■ **Exercise requirements**: Copy, from the material below, each line that contains the word "Allocator".
╭─ Input material
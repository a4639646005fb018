//! The text that tells of the paths at which two revisions differ, and the answer.

ghost use Rattle.std.specs.Prelude.{◌≡◌, ◌++◌, IfOk, OnOk};
ghost use Rattle.std.specs.List.{flat_map};
ghost use Rattle.gx_differences.specs.Listed.{shown_differences};
ghost use Rattle.gx_diff.specs.Lines.{diff_text, ends_well, is_count, is_quiet, line_of};

use crate::counts::put_counts;
use crate::lines::put_line;
use gx_asks::{DiffForm, DiffOptions};
use gx_differences::Difference;
use std::alloc::{AllocError, Allocator};

/// The text that tells of these paths: a line for each, or how many there are, or nothing, as for a patch, which `gx_patch` writes.
///
/// Cost: its length, at most four bytes for each of a path's. Memory: the text.
/// Source: git-diff-tree(1), "RAW OUTPUT FORMAT", and `--name-status`, `--name-only`, `-z`.
pub fn text_of<A: Allocator + Copy>(
    alloc: A,
    options: DiffOptions,
    found: &[Difference<A>],
) -> Result<Vec<u8, A>, AllocError>
    ensures { IfOk result (λ text. text.items ≡ diff_text options (shown_differences found.now)) }
{
    let mut text = Vec::new(alloc);
    if is_count(options.form) {
        put_counts(&mut text, found)?;
    } else {
        put_lines(&mut text, options, found)?;
    }
    Ok(text)
}

/// Appends the line of each path.
fn put_lines<A: Allocator + Copy>(
    text: &mut Vec<u8, A>,
    options: DiffOptions,
    found: &[Difference<A>],
) -> Result<(), AllocError>
    ensures { OnOk result (text.new.items ≡ text.old.items
        ++ flat_map (line_of options.form options.nul) (shown_differences found.now)) }
{
    for difference in found {
        put_line(text, options.form, options.nul, difference)?;
    }
    Ok(())
}

/// Whether the answer is yes: it is no where something differs, and the options ask for that. Takes no memory.
///
/// Source: git-diff(1), `--exit-code` and `--quiet`.
pub fn ends_well<A: Allocator>(options: DiffOptions, found: &[Difference<A>]) -> bool
    ensures { result ≡ ends_well options (shown_differences found.now) }
{
    !(options.exit_code || is_quiet(options.form)) || found.is_empty()
}

fn is_count(form: DiffForm) -> bool
    ensures { result ≡ is_count form }
{
    matches!(form, DiffForm::Count)
}

fn is_quiet(form: DiffForm) -> bool
    ensures { result ≡ is_quiet form }
{
    matches!(form, DiffForm::Quiet)
}
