//! The lines of a message, and its subject. Source: git-log(1), "PRETTY FORMATS", and what git 2.39 takes for white space.

ghost use Rattle.std.specs.Prelude.{◌≡◌, ◌++◌, ◌∷◌, OnOk};
ghost use Rattle.std.specs.Iterator.{item_count};
ghost use Rattle.std.specs.Map.Iter.{TakesFirst};
ghost use Rattle.gx_print.specs.Messages.{PassesBlank, indented, indented_line, is_space, lines_left, message_lines, shown_line, subject, trimmed};

use gx_text::cut;
use std::alloc::{AllocError, Allocator};
use std::marker::Model;

/// The lines of a message, each without the white space at its end. It is seen as the list of those left.
#[derive(Drop)]
pub(crate) struct MessageLines<'a> {
    rest: Option<&'a [u8]>,
}

impl<'a> Model for MessageLines<'a> {
    ghost use Rattle.std.specs.Prelude.{List, ℕ};
    ghost use Rattle.gx_print.specs.Messages.{lines_left};

    ghost Value = { List (List ℕ) };

    ghost view = { λ it. lines_left it.rest };
}

impl<'a> MessageLines<'a> {
    /// The lines of a message.
    fn of(message: &'a [u8]) -> MessageLines<'a>
        ensures { result ≡ message_lines message.now }
    {
        MessageLines {
            rest: Some(message),
        }
    }

    /// The first line that isn't empty. It and those before it are passed.
    fn pass_blank(&mut self) -> Option<&'a [u8]>
        ensures { PassesBlank self.old self.new result }
    {
        while let Some(line) = self.next() {
            if !line.is_empty() {
                return Some(line);
            }
        }
        None
    }
}

impl<'a> Iterator for MessageLines<'a> {
    type Item = &'a [u8];

    ghost next_gives = { TakesFirst shown_line };

    ghost remaining = { item_count (λ rest. rest) };

    fn next(&mut self) -> Option<&'a [u8]> {
        let (line, rest) = first_line(self.rest?);
        self.rest = rest;
        Some(trimmed(line))
    }
}

/// The first line of a text, and what is left behind it, if anything.
fn first_line(text: &[u8]) -> (&[u8], Option<&[u8]>)
    ensures { message_lines text.now ≡ trimmed result.0.now ∷ lines_left result.1 }
{
    match cut(text, b'\n') {
        Some((line, rest)) => (line, Some(rest)),
        None => (text, None),
    }
}

/// Appends a message's subject: the lines of its first paragraph, with a space between each two.
pub(crate) fn put_subject<A: Allocator + Copy>(
    out: &mut Vec<u8, A>,
    message: &[u8],
) -> Result<(), AllocError>
    ensures { OnOk result (out.new.items ≡ out.old.items ++ subject message.now) }
{
    let mut lines = MessageLines::of(message);
    let Some(first) = lines.pass_blank() else {
        return Ok(());
    };
    out.extend_from_slice(first)?;
    for line in lines {
        if line.is_empty() {
            return Ok(());
        }
        out.push(b' ')?;
        out.extend_from_slice(line)?;
    }
    Ok(())
}

/// Appends a message's lines from the first on that isn't empty, each behind four spaces.
pub(crate) fn put_indented<A: Allocator + Copy>(
    out: &mut Vec<u8, A>,
    message: &[u8],
) -> Result<(), AllocError>
    ensures { OnOk result (out.new.items ≡ out.old.items ++ indented message.now) }
{
    let mut lines = MessageLines::of(message);
    let Some(first) = lines.pass_blank() else {
        return Ok(());
    };
    put_indented_line(out, first)?;
    for line in lines {
        put_indented_line(out, line)?;
    }
    Ok(())
}

fn put_indented_line<A: Allocator + Copy>(
    out: &mut Vec<u8, A>,
    line: &[u8],
) -> Result<(), AllocError>
    ensures { OnOk result (out.new.items ≡ out.old.items ++ indented_line line.now) }
{
    out.extend_from_slice(b"    ")?;
    out.extend_from_slice(line)?;
    Ok(out.push(b'\n')?)
}

/// A text without the white space at its end.
pub(crate) fn trimmed(text: &[u8]) -> &[u8]
    ensures { result.now ≡ trimmed text.now }
{
    let mut rest = text;
    while let Some((last, front)) = rest.split_last() {
        if !is_space(*last) {
            return rest;
        }
        rest = front;
    }
    rest
}

/// A space, a TAB, a CR or an LF.
fn is_space(byte: u8) -> bool
    ensures { result ≡ is_space byte }
{
    byte == b' ' || byte == b'\t' || byte == b'\r' || byte == b'\n'
}
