//! What an identity says: a name, an email and a date. Source: git-log(1), "PRETTY FORMATS", `%an`, `%ae` and `%at`.

ghost use Rattle.std.specs.Prelude.{◌≡◌};
ghost use Rattle.gx_print.specs.Identities.{email_in, name_in, seconds_in};
ghost use Rattle.gx_model.specs.Texts.{parts_at};

use crate::messages::trimmed;
use gx_text::cut;

/// The name, without the white space at its end.
pub(crate) fn name_in(ident: &[u8]) -> &[u8]
    ensures { result.now ≡ name_in ident.now }
{
    trimmed(parts_at(b'<', ident).0)
}

/// The email.
pub(crate) fn email_in(ident: &[u8]) -> &[u8]
    ensures { result.now ≡ email_in ident.now }
{
    parts_at(b'>', parts_at(b'<', ident).1).0
}

/// The digits of the seconds.
pub(crate) fn seconds_in(ident: &[u8]) -> &[u8]
    ensures { result.now ≡ seconds_in ident.now }
{
    let date = parts_at(b' ', parts_at(b'>', ident).1).1;
    parts_at(b' ', date).0
}

/// What stands before the first of a byte, and what stands behind it. Where there is none, nothing.
fn parts_at(byte: u8, text: &[u8]) -> (&[u8], &[u8])
    ensures front { result.0.now ≡ (parts_at byte text.now).0 }
    ensures behind { result.1.now ≡ (parts_at byte text.now).1 }
{
    match cut(text, byte) {
        Some(parts) => parts,
        None => (b"", b""),
    }
}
╰─
■ **Your response**:
use std::alloc::{AllocError, Allocator};
pub fn text_of<A: Allocator + Copy>(
fn put_lines<A: Allocator + Copy>(
pub fn ends_well<A: Allocator>(options: DiffOptions, found: &[Difference<A>]) -> bool
use std::alloc::{AllocError, Allocator};
pub(crate) fn put_subject<A: Allocator + Copy>(
pub(crate) fn put_indented<A: Allocator + Copy>(
fn put_indented_line<A: Allocator + Copy>(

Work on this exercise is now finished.